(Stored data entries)

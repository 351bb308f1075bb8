//! What a worker has put on its deque, as the proofs see it.
ghost use Rattle.std.specs.Prelude.{ℕ, List};
ghost use Rattle.std.specs.Borrow.{ftrue};

use std::marker::Model;

// The indices, in order. No value of it is made.
pub struct PushLog {
    pub ghost indices: { List ℕ },
}

impl Model for PushLog {
    ghost also_owns = { λ _. ftrue };
}
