//! What is told of each exchange as it is carried out.

/// It is told of each exchange, by its place in the list from 0. Several workers call it from threads of
/// their own, and exchanges that share no node may be under way at once.
pub trait Gate {
    /// The exchange is about to be carried out.
    fn enter(&self, i: u32);

    /// The exchange is carried out. Where there are several workers, one that waited for it may be under way
    /// by now. An exchange that met lack of memory isn't left.
    fn leave(&self, i: u32);
}

/// The gate that does nothing.
#[derive(Clone, Copy, Debug)]
pub struct FreeGate;

impl Gate for FreeGate {
    fn enter(&self, _i: u32) {}

    fn leave(&self, _i: u32) {}
}

impl<G: Gate> Gate for &G {
    fn enter(&self, i: u32) {
        (**self).enter(i);
    }

    fn leave(&self, i: u32) {
        (**self).leave(i);
    }
}
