//! One worker: the exchanges of a list in their order, with no thread.

ghost use Rattle.std.specs.Prelude.{length, map, IfOk, IsOkUnless};
ghost use Rattle.bench_types.specs.declared.faults.Fault.TheVariants.{OutOfMemory};
ghost use Rattle.bench_types.specs.calls.Exchange.{IsPlanned};
ghost use Rattle.work.specs.Carrying.{MayCarryOut, MayWorkOn, HasWorkedOn};
ghost use Rattle.work.specs.inner.Turns.{IsPairExchanged};

use crate::gates::Gate;
use crate::works::Work;
use bench_types::{Exchange, Fault, Record};
use model::{Exchanging, MemoryTable};
use std::alloc::Global;

/// Carries out the exchanges of the list in its order, each between two calls of the gate, and gives their records in
/// that order. An error is lack of memory (`OutOfMemory`), after which some of them may be carried out.
pub fn exchange_all<T: MemoryTable, X: Exchanging<T>, G: Gate>(
    alloc: Global,
    work: Work<X, G>,
    tables: &mut [T],
) -> Result<Vec<Record>, Fault>
    requires tables { MayWorkOn T.table X.fits work tables.old }
    ensures exchanged { IfOk result (λ v. HasWorkedOn T.table work.entry tables.old tables.new v.items) }
    ensures only { IsOkUnless result OutOfMemory }
{
    let mut records = Vec::with_capacity(alloc, work.list.len() as usize)?;
    for (i, plan) in work.list.exchanges().iter().enumerate() {
        work.gate.enter(i as u32);
        let sent = exchange_pair(alloc, &work, tables, plan)?;
        work.gate.leave(i as u32);
        records.push_reserved(sent);
    }
    Ok(records)
}

fn exchange_pair<T: MemoryTable, X: Exchanging<T>, G>(
    alloc: Global,
    work: &Work<X, G>,
    tables: &mut [T],
    plan: &Exchange,
) -> Result<Record, Fault>
    requires tables { MayCarryOut (X.fits work.now.shared.now) work.now.rules.now (length tables.old)
        (map T.table tables.old) }
    requires planned { IsPlanned (length tables.old) plan.now }
    ensures exchanged { IfOk result (IsPairExchanged T.table work.now.rules.now plan.now tables.old tables.new) }
    ensures only { IsOkUnless result OutOfMemory }
{
    let initiator = plan.initiator as usize;
    let responder = plan.responder as usize;
    if initiator < responder {
        let (below, from) = tables.split_at_mut(responder);
        work.shared.exchange(alloc, &mut below[initiator], &mut from[0], plan, work.rules)
    } else {
        let (below, from) = tables.split_at_mut(initiator);
        work.shared.exchange(alloc, &mut from[0], &mut below[responder], plan, work.rules)
    }
}
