//! What workers are given to do, and what comes of it.

use bench_types::{Record, Rules};
use model::RoundList;

/// The exchanges of a list by these rules, for so many workers. `shared` carries out each of them, between two calls of
/// the gate, and is only read.
#[derive(Drop)]
pub struct Work<'a, X, G> {
    pub shared: &'a X,
    pub list: &'a RoundList,
    pub rules: &'a Rules,
    pub gate: &'a G,
    pub workers: u32,
}

/// The exchanges of a list, for workers that outlive it. They have `shared` meanwhile.
#[derive(Drop)]
pub struct Batch<'a, X, G> {
    pub shared: X,
    pub list: &'a RoundList,
    pub rules: &'a Rules,
    pub gate: G,
}

/// The tables by node and the records in list order, what was shared, and what the caller's thread made meanwhile.
#[derive(Drop)]
pub struct Done<T, X, M> {
    pub tables: Vec<T>,
    pub records: Vec<Record>,
    pub shared: X,
    pub made: M,
}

To do: Retype exactly the lines above, from the one with "it is carried out." through the one with "fn enter(&self, i: u32);", inclusive.

Output for this exercise:
//! What is told of each exchange as it is carried out.

/// It is told of each exchange, by its place in the list from 0. Several workers call it from threads of
/// their own, and exchanges that share no node may be under way at once.
pub trait Gate {
    /// The exchange is about to be carried out.
    fn enter(&self, i: u32);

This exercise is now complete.